We still have chard, kale, collards, lettuces, artichokes, and beets in the ground. If Mother Nature is kind, we should have artichokes through May, chard, kale, collards, and lettuces into June, and beets all year.
With summer just around the corner, it was time to get our summer plant starters into the ground. We start all of our plants from seeds in our greenhouses, then move them into the ground for the majority of the growing season.
This year, Jeff (our culinary farm manager) thought it would be beneficial to plant some produce rows in our fruit orchard at our Rutherford Estate. The soil is rich in organic matter from years of tilling leaves, cover crop, etc into the ground. With the addition of some of our compost, this location makes for the perfect growing conditions for both fruit trees and veggies.

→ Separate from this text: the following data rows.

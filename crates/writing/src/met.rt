// The vertices that a walk has met, in their order, and where each stands in it. Place k has the number of the k-th vertex
// as its `list`; the place of vertex n, n - 2, has where it stands as its `number`. What lay there before the walk is
// never trusted: a vertex is met only if the two point at each other.
ghost use Rattle.std.specs.Prelude.{◌≡◌, ◌+◌, ◌<◌, ◌≤◌, length};
ghost use Rattle.writing.specs.Met.{Sparse, Stands, MetOrNot, NewLink, with_met};

use memory::work::Place;

// The places of all vertices, and how many vertices are met.
#[derive(Clone, Copy)]
pub(crate) struct Seen<'a> {
    pub(crate) places: &'a [Place],
    pub(crate) met: u32,
    ghost few: { met ≤ length places.now },
    ghost short: { length places.now ≤ 1000000 },
    ghost sparse: { Sparse places.now met },
}

impl Seen<'_> {
    // Where a vertex stands in the order; nothing if it is not met.
    fn find(&self, n: u32) -> Option<u32>
        requires { (2 ≤ n) × (n ≤ length self.now.places.now + 1) }
        ensures { Stands self.now.places.now self.now.met n result }
    {
        let k = self.places[(n - 2) as usize].number;
        (k < self.met && self.places[k as usize].list == n).then_some(k)
    }

    // Whether a link is a vertex that is not met yet.
    pub(crate) fn is_unmet(&self, link: u32) -> bool
        requires { link ≤ length self.now.places.now + 1 }
        ensures { MetOrNot self.now.places.now self.now.met link result }
    {
        link >= 2 && self.find(link).is_none()
    }

    // A link's number in the dispatch: terminals stay, and the vertices that are met are numbered from 2 in their order. Not as
    // memory's `new_link`, which trusts every place.
    pub(crate) fn new_link(&self, link: u32) -> u32
        requires { link ≤ length self.now.places.now + 1 }
        ensures { NewLink self.now.places.now self.now.met link result }
    {
        if link < 2 {
            return link;
        }
        // By cases: in a closure the sum has no bound.
        match self.find(link) {
            Some(k) => k + 2,
            None => 0,
        }
    }
}

// The vertex becomes the next in the order.
pub(crate) fn meet(seen: &mut [Place], met: u32, n: u32)
    requires few { met < length seen.old }
    requires vertex { (2 ≤ n) × (n ≤ length seen.old + 1) }
    ensures { seen.new ≡ with_met seen.old met n }
{
    seen[met as usize].list = n;
    seen[(n - 2) as usize].number = met;
}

After the soil was prepared, we mapped out each of the beds. There are 2 rows pictured in this bed for peppers--we’re planting 13 varietals this year!
Next, we lay the irrigation lines. Each row gets 2 tape lines.
Once the lines were placed, we laid plastic over the soil and irrigation to block weeds and for water efficiency. This special plastic comes in a variety of colors, but we use green for these plants, because it warms the soil. We use a red plastic for our tomato plants--check out our Facebook over the next few weeks for more information on why we use red plastic for tomatoes.
Before we started planting, we had to mark the distance between the plants. This row is being marked for cucumbers. The distance between the plants is important to ensure enough space for each plant to thrive
We chose to plant cucumbers in this row, because of it’s proximity to the beehive. The bees will help pollinate the Striped Armenian and Diva cucumbers.
Fun fact: the long, thin Striped Armenian cucumber is actually a member of the melon family with light and dark green stripes! Diva cucumbers are tender, crisp, sweet, and seedless.
The remaining rows on the west side of the orchard were planted with peppers. The peppers will really help the fruit trees, as they had a tough winter with all of the rain.
This year we planted: Lemon Drop, Alaku Sarga, Corbaci, Como di Torro, Fatalii, Jimmy Nardello, Leustchauer Paprika, Mayan Habanero, mixed Bell, Padron, Red Cheese, Shishito, and Urfa.
Who knew the orchard could look more beautiful than it already did?! We plan to plant melons in the eastern part of the orchard in the same manner. We’re excited to see how these plants work together in the coming months to produce lots of tasty food for our plates.